• **What the exercise asks**
Repeat the material exactly, every line of it.

[[ Dataset excerpts open ]]

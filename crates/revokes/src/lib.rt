//! Revoked tasks: the ids that a worker is told not to run (Celery manual, "Revoking tasks"), in order of arrival.
#![tactic(auto)]

mod revokes;

pub use revokes::{REVOKE_LIMIT, REVOKE_SECONDS, Revokes};
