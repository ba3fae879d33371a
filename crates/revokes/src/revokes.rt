//! The list of revoked ids.
ghost use Rattle.std.specs.Prelude.{◌≡◌, ◌≤◌, [], IfOk, IsTrue, OnErr, OnOk, length};
ghost use Rattle.revokes.specs.Kept.{revokes_of};
ghost use Rattle.revokes.specs.Revokes.{bounded, is_live, is_revoked, live_ids, second_of, with_revoke};

use indexmap::IndexMap;
use std::alloc::{AllocError, Global};
use std::marker::Model;
use wire_values::{Bytes, List, Words};

/// How many revokes are kept at most; one more drops the first (Celery's `REVOKES_MAX`).
pub const REVOKE_LIMIT: usize = 50_000;

/// For how many seconds a revoke is live (Celery's `REVOKE_EXPIRES`, three hours).
pub const REVOKE_SECONDS: u64 = 10_800;

/// Revoked ids with the second at which each was revoked, at most 50,000. Contracts see them as a list of pairs of id and
/// second, in order of arrival.
#[derive(Drop)]
pub struct Revokes {
    kept: IndexMap<Vec<u8>, u64>,
}

impl Model for Revokes {
    ghost use Rattle.std.specs.Prelude.{◌≤◌, List as Listed, ℕ, length};
    ghost use Rattle.revokes.specs.Kept.{revokes_of};

    ghost Value = { Listed (Listed ℕ × ℕ) };

    ghost view = { λ r. revokes_of r.kept.entries };

    ghost invariant = { λ r. length r.kept.entries ≤ 50000 };
}

impl Revokes {
    /// No revokes; takes no memory.
    pub fn new(alloc: Global) -> Revokes
        ensures { result ≡ [] }
    {
        Revokes {
            kept: IndexMap::new(alloc),
        }
    }

    /// Adds an id at the end with the second at which it was revoked. One that is there moves to the end with its new
    /// second; where 50,000 others are there, the first is dropped. Without memory nothing changes.
    pub fn add(&mut self, alloc: Global, id: Bytes, now: u64) -> Result<(), AllocError>
        ensures ok { OnOk result (self.new ≡ with_revoke id now self.old) }
        ensures err { OnErr result (self.new ≡ self.old) }
    {
        self.kept.reserve(1)?;
        let id = id.into_vec(alloc);
        self.kept.shift_remove(id.as_slice());
        self.kept.insert(id, now)?;
        bound(&mut self.kept);
        Ok(())
    }

    /// Whether an id is revoked: it is there, and `now` is below its second plus 10,800. Takes no memory.
    pub fn has(&self, id: &[u8], now: u64) -> bool
        ensures { result ≡ is_revoked now (second_of id.now self.now) }
    {
        match self.kept.get(id) {
            Some(second) => is_live(now, *second),
            None => false,
        }
    }

    /// The ids that are live, in order of arrival.
    pub fn live(&self, alloc: Global, now: u64) -> Result<Words, AllocError>
        ensures { IfOk result (λ ids. ids ≡ live_ids now self.now) }
    {
        let mut ids = List::new();
        for (id, second) in self.kept.iter() {
            if is_live(now, *second) {
                ids.push(alloc, Bytes::from_slice(alloc, id.as_slice())?)?;
            }
        }
        Ok(ids)
    }

    /// How many revokes are kept, live ones and others; takes no memory.
    pub fn len(&self) -> usize
        ensures { result ≡ length self.now }
    {
        self.kept.len()
    }
}

/// Drops the first revoke where there is one more than are kept.
fn bound(kept: &mut IndexMap<Vec<u8>, u64>)
    requires { length kept.old.entries ≤ 50001 }
    ensures view { revokes_of kept.new.entries ≡ bounded (revokes_of kept.old.entries) }
    ensures within { length kept.new.entries ≤ 50000 }
{
    if kept.len() > REVOKE_LIMIT {
        kept.shift_remove_index(0);
    }
}

/// Whether a revoke of this second is live.
fn is_live(now: u64, second: u64) -> bool
    ensures { result ≡ is_live now second }
{
    now.saturating_sub(second) < REVOKE_SECONDS
}
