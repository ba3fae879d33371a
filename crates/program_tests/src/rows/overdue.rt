//! Schedules of passes, with their whole reports; those of `examples/` have the texts that stand there.
//!
//! A row is a remark after `#`, the schedule, and its report.
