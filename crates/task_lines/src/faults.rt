//! The names of faults.
use task_message::{Part, TaskFault};

/// The name of a part.
fn part_name(part: Part) -> &'static str {
    match part {
        Part::Body => "bad Body",
        Part::Name => "bad Name",
        Part::Id => "bad Id",
        Part::Args => "bad Args",
        Part::Kwargs => "bad Kwargs",
        Part::Embed => "bad Embed",
        Part::Retries => "bad Retries",
    }
}

/// The name of a fault.
pub(crate) fn fault_name(fault: TaskFault) -> &'static str {
    match fault {
        TaskFault::NoTask => "no task",
        TaskFault::Float => "float",
        TaskFault::BadField(part) => part_name(part),
        TaskFault::BadMoment => "bad moment",
        TaskFault::TooLong => "too long",
        TaskFault::Memory => "memory",
    }
}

[[ Dataset excerpts closed ]]

• **Answer below**
filename crates/revokes/src/lib.rt
//! Revoked tasks: the ids that a worker is told not to run (Celery manual, "Revoking tasks"), in order of arrival.
#![tactic(auto)]

mod revokes;

pub use revokes::{REVOKE_LIMIT, REVOKE_SECONDS, Revokes};
repository ba3fae879d33371a
filename crates/revokes/src/revokes.rt
//! The list of revoked ids.
ghost use Rattle.std.specs.Prelude.{◌≡◌, ◌≤◌, [], IfOk, IsTrue, OnErr, OnOk, length};
ghost use Rattle.revokes.specs.Kept.{revokes_of};
ghost use Rattle.revokes.specs.Revokes.{bounded, is_live, is_revoked, live_ids, second_of, with_revoke};

use indexmap::IndexMap;
use std::alloc::{AllocError, Global};
use std::marker::Model;
use wire_values::{Bytes, List, Words};

/// How many revokes are kept at most; one more drops the first (Celery's `REVOKES_MAX`).
pub const REVOKE_LIMIT: usize = 50_000;

/// For how many seconds a revoke is live (Celery's `REVOKE_EXPIRES`, three hours).
pub const REVOKE_SECONDS: u64 = 10_800;

/// Revoked ids with the second at which each was revoked, at most 50,000. Contracts see them as a list of pairs of id and
/// second, in order of arrival.
#[derive(Drop)]
pub struct Revokes {
    kept: IndexMap<Vec<u8>, u64>,
}

impl Model for Revokes {
    ghost use Rattle.std.specs.Prelude.{◌≤◌, List as Listed, ℕ, length};
    ghost use Rattle.revokes.specs.Kept.{revokes_of};

    ghost Value = { Listed (Listed ℕ × ℕ) };

    ghost view = { λ r. revokes_of r.kept.entries };

    ghost invariant = { λ r. length r.kept.entries ≤ 50000 };
}

impl Revokes {
    /// No revokes; takes no memory.
    pub fn new(alloc: Global) -> Revokes
        ensures { result ≡ [] }
    {
        Revokes {
            kept: IndexMap::new(alloc),
        }
    }

    /// Adds an id at the end with the second at which it was revoked. One that is there moves to the end with its new
    /// second; where 50,000 others are there, the first is dropped. Without memory nothing changes.
    pub fn add(&mut self, alloc: Global, id: Bytes, now: u64) -> Result<(), AllocError>
        ensures ok { OnOk result (self.new ≡ with_revoke id now self.old) }
        ensures err { OnErr result (self.new ≡ self.old) }
    {
        self.kept.reserve(1)?;
        let id = id.into_vec(alloc);
        self.kept.shift_remove(id.as_slice());
        self.kept.insert(id, now)?;
        bound(&mut self.kept);
        Ok(())
    }

    /// Whether an id is revoked: it is there, and `now` is below its second plus 10,800. Takes no memory.
    pub fn has(&self, id: &[u8], now: u64) -> bool
        ensures { result ≡ is_revoked now (second_of id.now self.now) }
    {
        match self.kept.get(id) {
            Some(second) => is_live(now, *second),
            None => false,
        }
    }

    /// The ids that are live, in order of arrival.
    pub fn live(&self, alloc: Global, now: u64) -> Result<Words, AllocError>
        ensures { IfOk result (λ ids. ids ≡ live_ids now self.now) }
    {
        let mut ids = List::new();
        for (id, second) in self.kept.iter() {
            if is_live(now, *second) {
                ids.push(alloc, Bytes::from_slice(alloc, id.as_slice())?)?;
            }
        }
        Ok(ids)
    }

    /// How many revokes are kept, live ones and others; takes no memory.
    pub fn len(&self) -> usize
        ensures { result ≡ length self.now }
    {
        self.kept.len()
    }
}

/// Drops the first revoke where there is one more than are kept.
fn bound(kept: &mut IndexMap<Vec<u8>, u64>)
    requires { length kept.old.entries ≤ 50001 }
    ensures view { revokes_of kept.new.entries ≡ bounded (revokes_of kept.old.entries) }
    ensures within { length kept.new.entries ≤ 50000 }
{
    if kept.len() > REVOKE_LIMIT {
        kept.shift_remove_index(0);
    }
}

/// Whether a revoke of this second is live.
fn is_live(now: u64, second: u64) -> bool
    ensures { result ≡ is_live now second }
{
    now.saturating_sub(second) < REVOKE_SECONDS
}
repository ba3fae879d33371a
filename crates/program_tests/src/rows/overdue.rt
//! Schedules of passes, with their whole reports; those of `examples/` have the texts that stand there.
//!
//! A row is a remark after `#`, the schedule, and its report.
filename crates/task_lines/src/faults.rt
//! The names of faults.
use task_message::{Part, TaskFault};

/// The name of a part.
fn part_name(part: Part) -> &'static str {
    match part {
        Part::Body => "bad Body",
        Part::Name => "bad Name",
        Part::Id => "bad Id",
        Part::Args => "bad Args",
        Part::Kwargs => "bad Kwargs",
        Part::Embed => "bad Embed",
        Part::Retries => "bad Retries",
    }
}

/// The name of a fault.
pub(crate) fn fault_name(fault: TaskFault) -> &'static str {
    match fault {
        TaskFault::NoTask => "no task",
        TaskFault::Float => "float",
        TaskFault::BadField(part) => part_name(part),
        TaskFault::BadMoment => "bad moment",
        TaskFault::TooLong => "too long",
        TaskFault::Memory => "memory",
    }
}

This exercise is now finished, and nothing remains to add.